Abstract The returns to R&D literature is large and has been surveyed on several occasions. We complement previous surveys by discussing the scope for publication bias and illustrate how formal meta analytic techniques can be used to analyse the problem. We find evidence consistent with positive publication bias and discuss possible interpretations. The bias appears to be particularly strong in the part of the literature that controls for unobserved firm fixed effects. The reason may be that fixed effects specifications are particularly susceptible to measurement errors and therefore have a high probability of producing implausibly low return estimates. Implausible estimates are likely to be filtered out before being reported, and our analysis suggests that 23 % of a hypothetical complete literature is missing.
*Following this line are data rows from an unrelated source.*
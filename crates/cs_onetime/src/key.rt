//! Public keys.
ghost use Rattle.std.specs.Prelude.{◌≡◌};
ghost use Rattle.cs_onetime.specs.Halves.{public_key};

use crate::halves::{PLACES, image, secret};
use cs_hash::{Digest, TagKey};
use sha2::{Digest as Hasher, Sha256};

/// The public key of a number: SHA-256 of the images of both secrets of each place. It takes no
/// memory.
pub fn public_key(seed: &Digest, number: u64) -> Digest
    ensures { result ≡ public_key seed.now number }
{
    let key = TagKey::new(seed);
    let mut hasher = Sha256::new();
    for place in 0..PLACES {
        hasher.update(image(&secret(&key, number, place, 0)));
        hasher.update(image(&secret(&key, number, place, 1)));
    }
    hasher.finalize()
}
Future reviews should take into account that the full effect of negative specifications biases may be masked by reporting and publication bias.

Suggested Citation

  • Jarle Møen & Helge Sandvig Thorsen, 2017. "Publication Bias in the Returns to R&D Literature," Journal of the Knowledge Economy, Springer;Portland International Center for Management of Engineering and Technology (PICMET), vol. 8(3), pages 987-1013, September.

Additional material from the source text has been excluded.